Я действовал так: выбрал большое дерево, ибо мне была нужна широкая доска. Три дня я рубил это дерево и два дня обрубал с него ветки, чтобы получить бревно. Уж я не знаю, сколько времени я обтесывал его с обеих сторон, покуда тяжесть его не уменьшилась настолько, что его можно было сдвинуть с места. Тогда я обтесал одну сторону начисто по всей длине бревна, затем перевернул его этой стороной вниз и обтесал таким же образом другую. Работу я продолжал до тех пор, пока не получил ровной и гладкой доски толщиною около трех дюймов. Читатель может судить, какого труда стоила мне эта доска. Но упорство и труд помогли мне довести до конца как эту работу, так и много других. Я привел здесь подробности, чтобы объяснить, почему у меня уходило так много времени на сравнительно небольшую работу, то есть небольшую при условии, если у вас есть помощник и инструменты, но требующую огромного времени и усилий, если делать ее одному и чуть не голыми руками.

Несмотря на все это, я терпением и трудом довел до конца все работы, к которым был вынужден обстоятельствами, как видно будет из последующего.
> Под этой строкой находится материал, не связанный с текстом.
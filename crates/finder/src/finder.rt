ghost use Rattle.std.specs.Prelude.{◌≡◌, ℕ, ◌<◌, ◌≤◌, true, List, [], length, slice_index, slice_index_or};
ghost use Rattle.finder.specs.Words.{Rested, WellSized, Took, holds, most_words, word};

// How many words a finder has at most: one to each bit of a mask.
pub const MOST_WORDS: usize = 64;

// A way to find words, by what it means: its words, and for each word its half-read lengths.
pub trait Finder {
    ghost words: { Self → List (List ℕ) };

    ghost halves: { Self → List (List ℕ) };

    // Facts that each implementation proves: few words, each of a word's size, one half list a word, and 0 in each half list.
    ghost few: { (s : Self) → length (words s) ≤ most_words };

    ghost sized: { (s : Self) (k : ℕ) → k < length (words s) → WellSized (word (words s) k) };

    ghost paired: { (s : Self) → length (halves s) ≡ length (words s) };

    ghost begun: { (s : Self) (k : ℕ) → k < length (words s) → holds 0 (slice_index_or (halves s) k []) ≡ true };

    // Forgets the bytes taken so far.
    fn rest(&mut self)
        ensures { Rested words halves self.old self.new };

    // Takes one byte, and answers which words end with it, word k in bit k.
    fn take(&mut self, b: u8) -> u64
        ensures { Took words halves self.old b self.new result };

    // How many words there are.
    fn count(&self) -> usize
        ensures { result ≡ length (words self.now) };

    // How many bytes word k has, 0 where there is no such word.
    fn length_of(&self, k: usize) -> usize
        ensures { result ≡ length (word (words self.now) k) };

    // Byte i of word k, 0 where there is no such byte.
    fn byte_of(&self, k: usize, i: usize) -> u8
        ensures { result ≡ slice_index (word (words self.now) k) i };
}
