/// `match`.
const MATCHES: &str = "\
match @usual main 5551234→0→main,_NXXXXXX,1 Answer¶→
match @usual main 555-1234 3→0→main,_NXXXXXX,3 Queue¶→
match @usual main 5551234 4→0→main,_NXXXXXX,4 Hangup¶→
match @usual main 5551234 5→0→none¶→
match @usual main 1551234→0→none¶→
# An included context is not the entry's own, and names are case sensitive.
match @usual out 5551234→0→none¶→pbx: @usual has no context `out`¶
match @usual Main 5551234→0→none¶→pbx: @usual has no context `Main`¶
match @usual '' ''→0→none¶→pbx: @usual has no context ``¶
# The most specific name answers, in its one spelling.
match @classes main 45→0→main,_[01234]X,1 NoOp¶→
match @specific main 123→0→main,123,1 NoOp¶→
match @specific main 124→0→main,_1XX,1 NoOp¶→
match @specific main 12→0→main,_X.,1 NoOp¶→
match @specific main 1→0→none¶→
# The priority is checked before the name is chosen.
match @priorities main 123 1→0→main,123,1 NoOp¶→
match @priorities main 123 2→0→main,_X.,2 NoOp¶→
match @priorities main 123 3→0→none¶→
# The context answers before what it includes, and each entry is printed with its own context.
match @cycle a 77→0→none¶→
match @chain main 123→0→main,_1XX,1 NoOp¶→
match @chain main 123 2→0→late,123,2 Hangup¶→
match @chain late 123→0→late,123,1 Hangup¶→
match @labels main s 2→0→main,s,2 Hangup¶→
# How a priority is written.
match @specific main 123 001→0→main,123,1 NoOp¶→
match @specific main 123 2147483647→0→none¶→
# Words that begin with a dash.
match -- @dashed -in- -1→0→-in-,1,1 NoOp¶→
match @dashed -- -in- 1- 1→0→-in-,1,1 NoOp¶→
# Files that are faulty, or that cannot be read.
match @faulty main s→1→→fault 4 NoEquals line 2¶
match @missing main s→1→→fault 7 ReadFailed¶
match @folder main s→1→→fault 7 ReadFailed¶
match @long main s→1→→fault 8 TooLong¶
match @empty main s→0→none¶→pbx: @empty has no context: is it a dialplan?¶
# Nor if no context has an entry or an include, as in a file of queues. An include alone is enough.
match @help main s→0→none¶→pbx: @help has no entry: is it a dialplan?¶
match @help help s→0→none¶→pbx: @help has no entry: is it a dialplan?¶
match --all @queues main s→0→none¶→pbx: @queues has no entry: is it a dialplan?¶
match @cycle c 77→0→none¶→pbx: @cycle has no context `c`¶
match --all @specific mian 123→0→none¶→pbx: @specific has no context `mian`¶
# With the files that it includes: nothing is looked up if a line has a fault, or something that this program cannot follow.
match --asterisk @pieces main 100 2→0→main,100,2 Hangup¶→
match --all --asterisk @pieces main s→0→main,s,1 Goto¶main,s,1 Goto: answers¶→
match --asterisk @pieces out 100→0→none¶→pbx: @pieces has no context `out`¶
match --asterisk @faulty main s→1→→@faulty:2: fault 4 NoEquals¶
match --asterisk @switched main s→1→→@switched:2: note Switch¶
match --asterisk --assume Switch @switched main s→0→none¶→pbx: @switched has no entry: is it a dialplan?¶
match --asterisk --assume Switch @hunting main s→1→→@hunting:4: note CallerId¶
match @hunting main s --assume CallerId,SWITCH --asterisk→0→main,s,1 NoOp¶→
match --asterisk @slash main s→1→→@slash:2: note CallerId¶
match --asterisk @through main s→1→→@through:2: note AutoFallThrough¶
match --asterisk @filled main s→1→→@filled:2: note Exec¶
match --asterisk @missing main s→1→→fault 7 ReadFailed¶
# All extensions that match.
match --all @specific main 123→0→main,123,1 NoOp¶main,123,1 NoOp: answers¶main,_1XX,1 NoOp: less specific¶main,_X.,1 NoOp: less specific¶→
match @priorities main 123 2 --all→0→main,_X.,2 NoOp¶main,123,2: no such priority¶main,_X.,2 NoOp: answers¶→
match --all @chain main 123→0→main,_1XX,1 NoOp¶main,_1XX,1 NoOp: answers¶late,123,1 Hangup: later context¶→
match --all @specific main 1→0→none¶→
match --all @faulty main s→1→→fault 4 NoEquals line 2¶
match --all @missing main s→1→→fault 7 ReadFailed¶
";

/// `audit`.
const AUDITS: &str = "\
audit @cycle→1→Cycle a¶Cycle b¶ok 2 findings¶→
audit @first→0→ok 0 findings¶→
audit @empty→0→ok 0 findings¶→pbx: @empty has no context: is it a dialplan?¶
audit @help→0→ok 0 findings¶→pbx: @help has no entry: is it a dialplan?¶
audit @faulty→1→→fault 4 NoEquals line 2¶
audit @missing→1→→fault 7 ReadFailed¶
audit @long→1→→fault 8 TooLong¶
# It reads no input.
audit @empty←[main]¶abc¶→0→ok 0 findings¶→pbx: @empty has no context: is it a dialplan?¶
# Only some kinds, and all except some.
audit --only cycle @cycle→1→Cycle a¶Cycle b¶ok 2 findings¶→
audit @cycle --only=Gap,Hidden→0→ok 0 findings¶→
audit --ignore CYCLE,Gap @cycle→0→ok 0 findings¶→
audit --ignore Unset --explain @cycle→1→Cycle a¶Cycle b¶ok 2 findings¶→
# Over the wide table.
audit @asking→1→NoApplication main,s,2 While¶ok 1 findings¶→
audit @jumps→1→NoApplication desk,s,1 Macro¶ok 1 findings¶→
audit --asterisk @jumps→0→ok 0 findings¶→
audit --asterisk @circling→1→NoApplication main,100,2 While¶FallsThrough main,100,2 main,_X.,3¶Loop main,s,1¶NoFunction main,_X.,3 CUTT¶ok 4 findings¶→
audit --asterisk --only loop,FallsThrough @circling→1→FallsThrough main,100,2 main,_X.,3¶Loop main,s,1¶ok 2 findings¶→
audit @circling --ignore loop,noapplication,nofunction,fallsthrough --asterisk→0→ok 0 findings¶→
# The hints, and faults, are the same as without them.
audit --asterisk @empty→0→ok 0 findings¶→pbx: @empty has no context: is it a dialplan?¶
audit --only Gap @help→0→ok 0 findings¶→pbx: @help has no entry: is it a dialplan?¶
audit --asterisk @faulty→1→→@faulty:2: fault 4 NoEquals¶
audit --asterisk @pieces→0→ok 0 findings¶→
audit --asterisk @parted→1→→@inner:2: fault 23 BadApplication¶@parted:4: fault 20 BadPriority¶@parted:5: fault 7 ReadFailed nowhere.conf¶
audit --asterisk @missing→1→→fault 7 ReadFailed¶
audit --only Gap --explain @faulty→1→→fault 4 NoEquals line 2¶  @faulty:2¶  abc¶  a line of a section with no `=`¶
audit --ignore Gap @missing→1→→fault 7 ReadFailed¶
audit --asterisk @long→1→→fault 8 TooLong¶
";

/// `explain`.
const EXPLAINS: &str = "\
explain 1→0→1 BlockComment¶a comment begins with `;--` and no third dash (`;---` is a plain comment)¶example: `a = 1 ;-- x`¶→
explain 020→0→20 BadPriority¶a priority that is neither `n` nor a number from 1 on¶example: `exten => s,0,NoOp()`¶→
explain 24→0→24 LeftOut¶what this program leaves out: one of the kinds that `explain 24` lists¶example: `switch => Loopback/x`¶¶the keys `switch`, `lswitch`, `eswitch`¶example: `lswitch => Loopback/x`¶¶the key `ignorepat`¶example: `ignorepat => 9`¶¶the priority `hint`¶example: `exten => 100,hint,Line/1`¶¶the priorities `next`, `s` and `same`, and those with a `+`¶example: `exten => s,n+1,NoOp()`¶¶a `/` in a name: names for one caller¶example: `exten => s/5551234,1,NoOp()`¶¶a `${` in a name, or in its one spelling: variables¶example: `exten => ${X},1,NoOp()`, `exten => _[{$],1,NoOp()`¶¶an include with a comma: times¶example: `include => late,9:00-17:00,*,*,*`¶¶an application with a comma in place of parentheses¶example: `exten => s,1,Wait,5`¶→
explain 71→0→71 BadBreak¶a break of `debug` that has not three parts, or of which the priority is no number from 1 to 2,147,483,647¶example: `--break main,s`, `--break main,s,0`, `--break main,s,+1`¶→
# The refusals of events are known too.
explain 40→0→40 NoChannel¶no channel has the number¶example: `step 1` as the first line¶→
explain 53→0→53 NotDialling¶a `result` of a channel that waits for no call to devices¶example: `result 1 BUSY` just after the `start` of channel 1¶→
# A name is used like its number.
explain NoEquals→0→4 NoEquals¶a line of a section with no `=`¶example: `abc`¶→
explain NoTimer→0→43 NoTimer¶a `timeout` of a channel that waits in a queue, or for a call to devices, for as long as it takes¶example: `timeout 1` while channel 1 is in `Queue(support)`¶→
explain --explain DoubleQueue→0→33 DoubleQueue¶a second section of one queue¶example: `[sales]` twice¶→
# It reads no input.
explain 33←[main]¶abc¶→0→33 DoubleQueue¶a second section of one queue¶example: `[sales]` twice¶→
";
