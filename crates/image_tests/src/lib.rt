#![tactic(auto)]

// Tests of the check of an image, at images written out.
#[cfg(test)]
mod tests;
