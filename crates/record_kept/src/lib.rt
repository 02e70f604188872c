// What a record keeps of an answer: code, running and released. Of all that an answer may say a tape carries these
// three alone, and a judge compares them alone. And the three in one number, as C hosts get them.
#![tactic(auto)]

ghost use Rattle.std.specs.Prelude.{◌≡◌};
ghost use Rattle.record_kept.specs.Kept.{kept_of, kept_on, alike, packed};

use kernel::{Answer, TaskID};
use record::Record;

#[derive(Clone, Copy)]
pub struct Kept {
    pub code: u8,
    pub running: TaskID,
    pub released: TaskID,
}

// What is kept of a step's answer.
impl From<Answer> for Kept {
    ghost from_gives = { λ a k. k ≡ kept_of a };

    fn from(a: Answer) -> Kept {
        Kept {
            code: a.code,
            running: a.running,
            released: a.released,
        }
    }
}

// What a record has of it.
impl From<Record> for Kept {
    ghost from_gives = { λ r k. k ≡ kept_on r };

    fn from(r: Record) -> Kept {
        Kept {
            code: r.code,
            running: TaskID(r.running),
            released: TaskID(r.released),
        }
    }
}

impl Kept {
    // Whether two are the same.
    pub fn same(self, other: Kept) -> bool
        ensures { result ≡ alike self other }
    {
        (self.code == other.code)
            & (self.running.0 == other.running.0)
            & (self.released.0 == other.released.0)
    }

    // In one number: code + 256 * running + 65536 * released.
    pub fn pack(self) -> u32
        ensures { result ≡ packed self }
    {
        u32::from(self.code) + 256 * u32::from(self.running.0) + 65536 * u32::from(self.released.0)
    }
}
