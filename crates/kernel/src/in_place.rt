// The step and the test of one lent state: its tables are lent to on_tables, where the one step is that all callers run,
// those with a state and those with tables.
ghost use Rattle.std.specs.Prelude.{◌≡◌};
ghost use Rattle.kernel.specs.Public.{Ends, to_rules, is_sound, step_of, running_of};
ghost use Rattle.kernel.specs.Step as step;

use crate::command::Answer;
use crate::{Kernel, on_tables};
use kernel_checks::Command;
use kernel_line::TaskID;

// The running task: 0 before Start.
pub fn running(k: &Kernel) -> TaskID
    ensures { result ≡ record { 0 = running_of k.now } }
{
    kernel_ready::running(k.started, &k.ready)
}

// The step that trusts the state to be sound, and does not test it. Any state gets one answer, which for a forged one is
// no step of document 01.
pub fn step_trusting(k: &mut Kernel, c: Command) -> Answer
    ensures { Ends k.new result (step.stepped_of k.old (to_rules c)) }
{
    on_tables::step_trusting(
        &mut k.base,
        &mut k.ready,
        &mut k.delayed,
        &mut k.held,
        &mut k.way,
        &mut k.until,
        &mut k.ceiling,
        &mut k.waiter,
        &mut k.clock,
        &mut k.started,
        c,
    )
}

// The test of a saved state: document 01's conditions hold, and every unused cell is 0.
pub fn sound(k: &Kernel) -> bool
    ensures { result ≡ is_sound k.now }
{
    on_tables::sound(
        &k.base, &k.ready, &k.delayed, &k.held, &k.way, &k.until, k.ceiling, k.waiter, k.clock,
        k.started,
    )
}

// The step: a state that is not sound is answered 1, 0, 0 and stays as it is.
pub fn step(k: &mut Kernel, c: Command) -> Answer
    ensures { Ends k.new result (step_of k.old (to_rules c)) }
{
    on_tables::step(
        &mut k.base,
        &mut k.ready,
        &mut k.delayed,
        &mut k.held,
        &mut k.way,
        &mut k.until,
        &mut k.ceiling,
        &mut k.waiter,
        &mut k.clock,
        &mut k.started,
        c,
    )
}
В ноябре и декабре я ждал урожай ячменя и риса. Засеянный мной участок был невелик, ибо, как было сказано выше, у меня вследствие засухи пропал весь посев первого года и оставалось не более половины пека каждого сорта зерна. На этот раз урожай обещал быть превосходным, как вдруг я сделал открытие, что снова рискую потерять весь сбор, так как мое поле опустошается многочисленными врагами, от которых трудно уберечься. Эти враги были, во-первых, козы, во-вторых, те зверьки, которых я назвал зайцами. Очевидно, стебельки риса и ячменя пришлись им по вкусу: они дневали и ночевали на моем поле и начисто уничтожали всходы, не давая им возможности выкинуть колос.

Против этого было лишь одно средство: огородить все поле, что я и сделал. Но эта работа стоила мне большого труда, главным образом потому, что надо было спешить. Впрочем, мое поле было таких скромных размеров, что через три недели изгородь была готова. Днем я отпугивал врагов выстрелами, а на ночь привязывал к изгороди собаку, которая лаяла всю ночь напролет. Благодаря этим мерам предосторожности прожорливые животные ушли от этого места; мой хлеб отлично выколосился и стал быстро созревать.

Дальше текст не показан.